Exercise
Gather every line of the entries that includes the word "reads".

Study material
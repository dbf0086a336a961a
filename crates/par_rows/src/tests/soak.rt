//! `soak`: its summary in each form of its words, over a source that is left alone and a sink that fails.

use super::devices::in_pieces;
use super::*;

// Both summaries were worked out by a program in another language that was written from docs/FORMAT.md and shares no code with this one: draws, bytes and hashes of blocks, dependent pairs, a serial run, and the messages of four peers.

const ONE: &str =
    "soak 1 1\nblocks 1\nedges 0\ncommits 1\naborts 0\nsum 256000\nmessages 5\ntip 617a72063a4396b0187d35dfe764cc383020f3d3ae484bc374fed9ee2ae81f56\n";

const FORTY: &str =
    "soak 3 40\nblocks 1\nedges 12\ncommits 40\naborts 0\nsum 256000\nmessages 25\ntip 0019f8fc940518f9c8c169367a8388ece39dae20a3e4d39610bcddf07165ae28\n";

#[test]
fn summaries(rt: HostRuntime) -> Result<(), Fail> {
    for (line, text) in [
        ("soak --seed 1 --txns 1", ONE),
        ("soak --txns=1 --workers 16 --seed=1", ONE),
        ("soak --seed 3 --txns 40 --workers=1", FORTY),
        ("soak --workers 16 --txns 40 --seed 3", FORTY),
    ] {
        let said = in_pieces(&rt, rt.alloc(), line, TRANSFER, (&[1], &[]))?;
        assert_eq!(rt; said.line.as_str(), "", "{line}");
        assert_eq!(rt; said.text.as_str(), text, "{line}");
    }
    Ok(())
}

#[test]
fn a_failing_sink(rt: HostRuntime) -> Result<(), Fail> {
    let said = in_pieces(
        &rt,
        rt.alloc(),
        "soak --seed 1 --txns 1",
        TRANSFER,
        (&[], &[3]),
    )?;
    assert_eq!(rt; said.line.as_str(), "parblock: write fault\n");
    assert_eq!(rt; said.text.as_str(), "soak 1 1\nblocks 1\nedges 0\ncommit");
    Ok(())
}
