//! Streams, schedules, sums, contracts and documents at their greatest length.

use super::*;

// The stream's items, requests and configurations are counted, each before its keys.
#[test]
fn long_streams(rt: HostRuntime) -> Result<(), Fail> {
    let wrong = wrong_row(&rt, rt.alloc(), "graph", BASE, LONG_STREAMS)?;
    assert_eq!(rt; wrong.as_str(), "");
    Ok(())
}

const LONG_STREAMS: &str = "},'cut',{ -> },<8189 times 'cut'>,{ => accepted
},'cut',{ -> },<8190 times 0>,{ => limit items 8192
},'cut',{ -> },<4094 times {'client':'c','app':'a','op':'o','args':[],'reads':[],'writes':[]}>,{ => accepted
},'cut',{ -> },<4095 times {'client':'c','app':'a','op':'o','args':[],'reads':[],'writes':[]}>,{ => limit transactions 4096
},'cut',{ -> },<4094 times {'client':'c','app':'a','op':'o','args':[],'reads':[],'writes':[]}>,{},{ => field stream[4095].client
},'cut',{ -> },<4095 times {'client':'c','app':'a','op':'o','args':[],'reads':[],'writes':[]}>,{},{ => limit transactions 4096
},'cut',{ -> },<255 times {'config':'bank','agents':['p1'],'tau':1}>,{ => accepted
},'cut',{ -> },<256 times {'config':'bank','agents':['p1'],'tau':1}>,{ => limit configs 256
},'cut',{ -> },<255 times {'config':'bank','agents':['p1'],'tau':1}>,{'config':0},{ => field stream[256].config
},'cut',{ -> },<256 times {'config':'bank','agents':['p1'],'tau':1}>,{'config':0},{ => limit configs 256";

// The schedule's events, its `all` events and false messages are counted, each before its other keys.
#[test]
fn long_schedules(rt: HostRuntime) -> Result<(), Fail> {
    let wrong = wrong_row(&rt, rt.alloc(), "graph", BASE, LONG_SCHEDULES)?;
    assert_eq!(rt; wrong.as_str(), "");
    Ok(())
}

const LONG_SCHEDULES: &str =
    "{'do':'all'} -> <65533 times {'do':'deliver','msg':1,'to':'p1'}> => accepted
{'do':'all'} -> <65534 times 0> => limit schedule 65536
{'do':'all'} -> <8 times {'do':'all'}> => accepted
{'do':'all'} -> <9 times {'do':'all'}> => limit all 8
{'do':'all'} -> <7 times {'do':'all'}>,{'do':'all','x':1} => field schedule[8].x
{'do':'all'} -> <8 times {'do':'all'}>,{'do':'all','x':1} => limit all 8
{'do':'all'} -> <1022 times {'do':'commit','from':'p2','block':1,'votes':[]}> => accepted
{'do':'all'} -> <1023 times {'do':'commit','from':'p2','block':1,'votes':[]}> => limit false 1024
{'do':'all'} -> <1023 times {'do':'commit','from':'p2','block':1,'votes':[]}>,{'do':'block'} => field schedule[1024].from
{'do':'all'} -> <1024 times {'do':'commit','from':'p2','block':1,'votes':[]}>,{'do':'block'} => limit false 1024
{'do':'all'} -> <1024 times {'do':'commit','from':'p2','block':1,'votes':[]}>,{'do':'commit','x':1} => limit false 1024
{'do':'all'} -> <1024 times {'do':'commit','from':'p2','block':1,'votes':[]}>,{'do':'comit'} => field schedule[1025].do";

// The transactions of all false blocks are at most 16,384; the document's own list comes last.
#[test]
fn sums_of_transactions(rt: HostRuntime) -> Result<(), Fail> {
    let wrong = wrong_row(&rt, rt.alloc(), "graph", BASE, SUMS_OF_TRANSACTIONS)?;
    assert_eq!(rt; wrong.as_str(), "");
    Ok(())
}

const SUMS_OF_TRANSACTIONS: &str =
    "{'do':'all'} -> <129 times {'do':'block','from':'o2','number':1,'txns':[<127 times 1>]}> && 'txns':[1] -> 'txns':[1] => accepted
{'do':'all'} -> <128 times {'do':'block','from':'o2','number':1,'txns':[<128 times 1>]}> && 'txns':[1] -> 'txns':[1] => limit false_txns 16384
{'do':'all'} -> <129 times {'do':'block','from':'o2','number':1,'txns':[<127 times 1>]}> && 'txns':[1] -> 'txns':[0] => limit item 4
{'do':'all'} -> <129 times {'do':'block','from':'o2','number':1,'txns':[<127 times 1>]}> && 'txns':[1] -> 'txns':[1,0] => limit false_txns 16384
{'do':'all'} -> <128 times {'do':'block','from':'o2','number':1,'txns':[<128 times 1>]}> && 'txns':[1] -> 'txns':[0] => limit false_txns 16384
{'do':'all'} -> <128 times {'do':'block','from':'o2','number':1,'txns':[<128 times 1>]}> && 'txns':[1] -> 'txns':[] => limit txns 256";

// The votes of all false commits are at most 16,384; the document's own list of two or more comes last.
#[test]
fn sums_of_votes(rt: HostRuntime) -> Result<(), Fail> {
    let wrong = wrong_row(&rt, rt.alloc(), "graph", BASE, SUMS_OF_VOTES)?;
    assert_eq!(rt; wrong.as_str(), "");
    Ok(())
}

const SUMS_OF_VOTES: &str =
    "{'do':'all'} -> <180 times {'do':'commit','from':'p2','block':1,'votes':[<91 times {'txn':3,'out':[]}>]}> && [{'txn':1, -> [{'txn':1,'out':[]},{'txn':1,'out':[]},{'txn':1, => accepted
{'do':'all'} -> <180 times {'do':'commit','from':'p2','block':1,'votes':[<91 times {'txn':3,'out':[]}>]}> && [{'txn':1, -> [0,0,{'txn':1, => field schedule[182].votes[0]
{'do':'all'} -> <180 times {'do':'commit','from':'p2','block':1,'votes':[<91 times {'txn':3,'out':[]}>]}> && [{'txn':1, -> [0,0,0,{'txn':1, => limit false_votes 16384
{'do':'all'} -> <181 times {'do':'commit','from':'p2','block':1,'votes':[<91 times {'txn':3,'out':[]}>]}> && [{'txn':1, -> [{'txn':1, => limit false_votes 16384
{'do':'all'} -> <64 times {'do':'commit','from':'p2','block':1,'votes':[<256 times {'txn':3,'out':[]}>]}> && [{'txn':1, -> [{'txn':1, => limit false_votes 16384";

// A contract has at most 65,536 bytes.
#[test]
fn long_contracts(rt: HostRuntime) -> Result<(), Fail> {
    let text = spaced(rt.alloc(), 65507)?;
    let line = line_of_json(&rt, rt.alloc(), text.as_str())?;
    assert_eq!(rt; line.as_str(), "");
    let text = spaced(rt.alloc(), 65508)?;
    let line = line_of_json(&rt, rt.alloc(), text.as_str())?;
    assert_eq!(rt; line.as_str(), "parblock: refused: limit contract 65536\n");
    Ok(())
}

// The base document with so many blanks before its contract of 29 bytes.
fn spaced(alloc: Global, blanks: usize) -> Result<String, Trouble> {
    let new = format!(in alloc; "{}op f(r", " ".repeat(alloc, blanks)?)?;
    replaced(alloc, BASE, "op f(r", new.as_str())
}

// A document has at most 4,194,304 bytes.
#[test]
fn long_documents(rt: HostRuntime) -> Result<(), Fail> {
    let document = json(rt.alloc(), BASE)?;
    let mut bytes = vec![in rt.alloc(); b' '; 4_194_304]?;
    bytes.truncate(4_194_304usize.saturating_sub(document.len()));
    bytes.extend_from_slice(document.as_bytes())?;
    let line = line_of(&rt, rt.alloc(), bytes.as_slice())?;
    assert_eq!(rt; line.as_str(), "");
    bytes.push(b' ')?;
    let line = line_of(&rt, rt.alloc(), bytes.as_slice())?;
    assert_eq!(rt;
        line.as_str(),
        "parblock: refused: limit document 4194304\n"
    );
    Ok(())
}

Result of the exercise
},'cut',{ -> },<4094 times {'client':'c','app':'a','op':'o','args':[],'reads':[],'writes':[]}>,{ => accepted
},'cut',{ -> },<4095 times {'client':'c','app':'a','op':'o','args':[],'reads':[],'writes':[]}>,{ => limit transactions 4096
},'cut',{ -> },<4094 times {'client':'c','app':'a','op':'o','args':[],'reads':[],'writes':[]}>,{},{ => field stream[4095].client
},'cut',{ -> },<4095 times {'client':'c','app':'a','op':'o','args':[],'reads':[],'writes':[]}>,{},{ => limit transactions 4096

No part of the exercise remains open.